- Task objective -
For this exercise, repeat the records below exactly as written.

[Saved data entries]
*****
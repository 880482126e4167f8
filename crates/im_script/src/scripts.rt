ghost use Rattle.std.specs.Prelude.{◌≡◌, ◌+◌, ◌≤◌, ◌↔◌, ℕ, length, IfOk, IsTrue, OnErr, OnOk, [], false};
ghost use Rattle.im_text.specs.Finds.{Finds};
ghost use Rattle.im_script.specs.Script.{IsScriptLine, IsPassedOver, MayFollow, IsScript, StopsAfter, end_of_phase, has_name, lines_of, names_of, with_name};
ghost use Rattle.im_script.specs.Arguments.{IsTaken, IsTextRefused, with_end, with_line};

use crate::commands::Line;
use crate::lines::read_line;
use crate::phases::{Phase, Script};
use im_octet::octets::Octets;
use im_text::cuts::first_line;
use std::alloc::{AllocError, Global};
use std::marker::Model;
use std::mem;

/// How many sessions a script may have.
pub const MOST_SESSIONS: usize = 8;

/// Why a script wasn't read.
#[derive(Debug, Drop)]
pub enum ScriptError {
    /// Memory ran out.
    Memory,
    /// The number, from 1, of the first line that isn't in the grammar. Empty lines and comments count too.
    Line(u64),
}

impl From<AllocError> for ScriptError {
    ghost use Rattle.im_script.specs.declared.scripts.ScriptError.TheVariants.{Memory};

    ghost from_gives = { λ _ e. e ≡ Memory };

    fn from(_: AllocError) -> Self {
        ScriptError::Memory
    }
}

// What was read so far.
#[derive(Drop)]
struct SoFar {
    names: Vec<Octets>,
    phases: Vec<Phase>,
    lines: Vec<Line>,
}

impl Model for SoFar {
    ghost use Rattle.im_script.specs.Arguments.{ReadSoFar};

    ghost Value = { ReadSoFar };

    ghost view = { λ s. record { names = s.names.items; phases = s.phases.items; lines = s.lines.items } };
}

impl SoFar {
    // Nothing was read.
    fn new(alloc: Global) -> SoFar
        ensures { result ≡ record { names = []; phases = []; lines = [] } }
    {
        SoFar {
            names: Vec::new(alloc),
            phases: Vec::new(alloc),
            lines: Vec::new(alloc),
        }
    }

    // Puts a line behind the others, and the name of its session, where it is new, behind the names.
    fn put(&mut self, alloc: Global, line: Line) -> Result<(), AllocError>
        ensures { OnOk result (self.new ≡ with_line self.old line) }
    {
        match put_name(alloc, &mut self.names, line.session.as_slice()) {
            Ok(()) => self.lines.push(line).map_err(AllocError::from),
            Err(error) => {
                drop(line);
                Err(error)
            }
        }
    }

    // Ends a phase.
    fn end_phase(&mut self, alloc: Global) -> Result<(), AllocError>
        ensures { OnOk result (self.new ≡ with_end self.old) }
    {
        let lines = mem::replace(&mut self.lines, Vec::new(alloc));
        self.phases
            .push(Phase::from_vec(lines))
            .map_err(AllocError::from)
    }
}

// Whether one of these names is this one.
fn has_name(names: &[Octets], name: &[u8]) -> bool
    ensures { result ≡ has_name names.now name.now }
{
    names.iter().any(|first| first.as_slice() == name)
}

// Puts the name of a session behind the others, where it is new.
fn put_name(alloc: Global, names: &mut Vec<Octets>, session: &[u8]) -> Result<(), AllocError>
    ensures { OnOk result (names.new.items ≡ with_name names.old.items session.now) }
{
    if has_name(names.as_slice(), session) {
        return Ok(());
    }
    let name = Octets::from_slice(alloc, session)?;
    names.push(name).map_err(AllocError::from)
}

// Whether a text is empty or a comment.
fn is_passed_over(text: &[u8]) -> bool
    ensures { IsTrue result ↔ IsPassedOver text.now }
{
    matches!(text, [] | [b'#', ..])
}

// Whether a text ends a phase.
fn is_end_of_phase(text: &[u8]) -> bool
    ensures { IsTrue result ↔ (text.now ≡ end_of_phase) }
{
    text == b"---".as_slice()
}

// Whether a line may stand behind lines of sessions with these names.
fn may_follow(names: &[Octets], line: &Line) -> bool
    ensures { IsTrue result ↔ MayFollow names.now line.now }
{
    has_name(names, line.session.as_slice()) || names.len() < MOST_SESSIONS
}

// The line that a text says, if it may stand behind lines of sessions with these names.
fn read_next(alloc: Global, text: &[u8], names: &[Octets]) -> Result<Option<Line>, AllocError>
    ensures { IfOk result (λ line. Finds line (λ l. IsScriptLine text.now l × MayFollow names.now l)) }
{
    let Some(line) = read_line(alloc, text)? else {
        return Ok(None);
    };
    if !may_follow(names, &line) {
        drop(line);
        return Ok(None);
    }
    Ok(Some(line))
}

// Takes a text: the line that it says, or the end of a phase, or nothing where it is passed over. False says that it is none
// of these.
fn take_text(alloc: Global, text: &[u8], so_far: &mut SoFar) -> Result<bool, AllocError>
    ensures taken { IfOk result (λ taken. IsTrue taken → IsTaken so_far.old text.now so_far.new) }
    ensures refused { IfOk result (λ taken. taken ≡ false → IsTextRefused so_far.old.names text.now) }
{
    if is_passed_over(text) {
        return Ok(true);
    }
    if is_end_of_phase(text) {
        so_far.end_phase(alloc)?;
        return Ok(true);
    }
    let Some(line) = read_next(alloc, text, &so_far.names)? else {
        return Ok(false);
    };
    so_far.put(alloc, line)?;
    Ok(true)
}

/// A script, or the number of the first line that isn't in the grammar or that may not stand where it does: a ninth session has
/// no line. It reads each octet a fixed number of times, and compares the name of each line with those before it.
pub fn read_script(alloc: Global, octets: &[u8]) -> Result<Script, ScriptError>
    ensures ok { IfOk result (λ script. IsScript octets.now script.phases.items) }
    ensures names { IfOk result (λ script. script.names.items ≡ names_of [] (lines_of script.phases.items)) }
    ensures line { (k : ℕ) → result ≡ Err (ScriptError.Line k) → (n : ℕ) × (k ≡ n + 1) × StopsAfter octets.now n }
{
    let mut so_far = SoFar::new(alloc);
    let mut number = 0;
    let mut rest = octets;
    while !rest.is_empty() {
        let (text, behind) = first_line(rest);
        number += 1;
        if !take_text(alloc, text, &mut so_far)? {
            return Err(ScriptError::Line(number));
        }
        rest = behind;
    }
    so_far.end_phase(alloc)?;
    let SoFar {
        names,
        phases,
        lines,
    } = so_far;
    drop(lines);
    Ok(Script { names, phases })
}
*****
- Task solution -
repository 880482126e4167f8
filename crates/im_script/src/scripts.rt
ghost use Rattle.std.specs.Prelude.{◌≡◌, ◌+◌, ◌≤◌, ◌↔◌, ℕ, length, IfOk, IsTrue, OnErr, OnOk, [], false};
ghost use Rattle.im_text.specs.Finds.{Finds};
ghost use Rattle.im_script.specs.Script.{IsScriptLine, IsPassedOver, MayFollow, IsScript, StopsAfter, end_of_phase, has_name, lines_of, names_of, with_name};
ghost use Rattle.im_script.specs.Arguments.{IsTaken, IsTextRefused, with_end, with_line};

use crate::commands::Line;
use crate::lines::read_line;
use crate::phases::{Phase, Script};
use im_octet::octets::Octets;
use im_text::cuts::first_line;
use std::alloc::{AllocError, Global};
use std::marker::Model;
use std::mem;

/// How many sessions a script may have.
pub const MOST_SESSIONS: usize = 8;

/// Why a script wasn't read.
#[derive(Debug, Drop)]
pub enum ScriptError {
    /// Memory ran out.
    Memory,
    /// The number, from 1, of the first line that isn't in the grammar. Empty lines and comments count too.
    Line(u64),
}

impl From<AllocError> for ScriptError {
    ghost use Rattle.im_script.specs.declared.scripts.ScriptError.TheVariants.{Memory};

    ghost from_gives = { λ _ e. e ≡ Memory };

    fn from(_: AllocError) -> Self {
        ScriptError::Memory
    }
}

// What was read so far.
#[derive(Drop)]
struct SoFar {
    names: Vec<Octets>,
    phases: Vec<Phase>,
    lines: Vec<Line>,
}

impl Model for SoFar {
    ghost use Rattle.im_script.specs.Arguments.{ReadSoFar};

    ghost Value = { ReadSoFar };

    ghost view = { λ s. record { names = s.names.items; phases = s.phases.items; lines = s.lines.items } };
}

impl SoFar {
    // Nothing was read.
    fn new(alloc: Global) -> SoFar
        ensures { result ≡ record { names = []; phases = []; lines = [] } }
    {
        SoFar {
            names: Vec::new(alloc),
            phases: Vec::new(alloc),
            lines: Vec::new(alloc),
        }
    }

    // Puts a line behind the others, and the name of its session, where it is new, behind the names.
    fn put(&mut self, alloc: Global, line: Line) -> Result<(), AllocError>
        ensures { OnOk result (self.new ≡ with_line self.old line) }
    {
        match put_name(alloc, &mut self.names, line.session.as_slice()) {
            Ok(()) => self.lines.push(line).map_err(AllocError::from),
            Err(error) => {
                drop(line);
                Err(error)
            }
        }
    }

    // Ends a phase.
    fn end_phase(&mut self, alloc: Global) -> Result<(), AllocError>
        ensures { OnOk result (self.new ≡ with_end self.old) }
    {
        let lines = mem::replace(&mut self.lines, Vec::new(alloc));
        self.phases
            .push(Phase::from_vec(lines))
            .map_err(AllocError::from)
    }
}

// Whether one of these names is this one.
fn has_name(names: &[Octets], name: &[u8]) -> bool
    ensures { result ≡ has_name names.now name.now }
{
    names.iter().any(|first| first.as_slice() == name)
}

// Puts the name of a session behind the others, where it is new.
fn put_name(alloc: Global, names: &mut Vec<Octets>, session: &[u8]) -> Result<(), AllocError>
    ensures { OnOk result (names.new.items ≡ with_name names.old.items session.now) }
{
    if has_name(names.as_slice(), session) {
        return Ok(());
    }
    let name = Octets::from_slice(alloc, session)?;
    names.push(name).map_err(AllocError::from)
}

// Whether a text is empty or a comment.
fn is_passed_over(text: &[u8]) -> bool
    ensures { IsTrue result ↔ IsPassedOver text.now }
{
    matches!(text, [] | [b'#', ..])
}

// Whether a text ends a phase.
fn is_end_of_phase(text: &[u8]) -> bool
    ensures { IsTrue result ↔ (text.now ≡ end_of_phase) }
{
    text == b"---".as_slice()
}

// Whether a line may stand behind lines of sessions with these names.
fn may_follow(names: &[Octets], line: &Line) -> bool
    ensures { IsTrue result ↔ MayFollow names.now line.now }
{
    has_name(names, line.session.as_slice()) || names.len() < MOST_SESSIONS
}

// The line that a text says, if it may stand behind lines of sessions with these names.
fn read_next(alloc: Global, text: &[u8], names: &[Octets]) -> Result<Option<Line>, AllocError>
    ensures { IfOk result (λ line. Finds line (λ l. IsScriptLine text.now l × MayFollow names.now l)) }
{
    let Some(line) = read_line(alloc, text)? else {
        return Ok(None);
    };
    if !may_follow(names, &line) {
        drop(line);
        return Ok(None);
    }
    Ok(Some(line))
}

// Takes a text: the line that it says, or the end of a phase, or nothing where it is passed over. False says that it is none
// of these.
fn take_text(alloc: Global, text: &[u8], so_far: &mut SoFar) -> Result<bool, AllocError>
    ensures taken { IfOk result (λ taken. IsTrue taken → IsTaken so_far.old text.now so_far.new) }
    ensures refused { IfOk result (λ taken. taken ≡ false → IsTextRefused so_far.old.names text.now) }
{
    if is_passed_over(text) {
        return Ok(true);
    }
    if is_end_of_phase(text) {
        so_far.end_phase(alloc)?;
        return Ok(true);
    }
    let Some(line) = read_next(alloc, text, &so_far.names)? else {
        return Ok(false);
    };
    so_far.put(alloc, line)?;
    Ok(true)
}

/// A script, or the number of the first line that isn't in the grammar or that may not stand where it does: a ninth session has
/// no line. It reads each octet a fixed number of times, and compares the name of each line with those before it.
pub fn read_script(alloc: Global, octets: &[u8]) -> Result<Script, ScriptError>
    ensures ok { IfOk result (λ script. IsScript octets.now script.phases.items) }
    ensures names { IfOk result (λ script. script.names.items ≡ names_of [] (lines_of script.phases.items)) }
    ensures line { (k : ℕ) → result ≡ Err (ScriptError.Line k) → (n : ℕ) × (k ≡ n + 1) × StopsAfter octets.now n }
{
    let mut so_far = SoFar::new(alloc);
    let mut number = 0;
    let mut rest = octets;
    while !rest.is_empty() {
        let (text, behind) = first_line(rest);
        number += 1;
        if !take_text(alloc, text, &mut so_far)? {
            return Err(ScriptError::Line(number));
        }
        rest = behind;
    }
    so_far.end_phase(alloc)?;
    let SoFar {
        names,
        phases,
        lines,
    } = so_far;
    drop(lines);
    Ok(Script { names, phases })
}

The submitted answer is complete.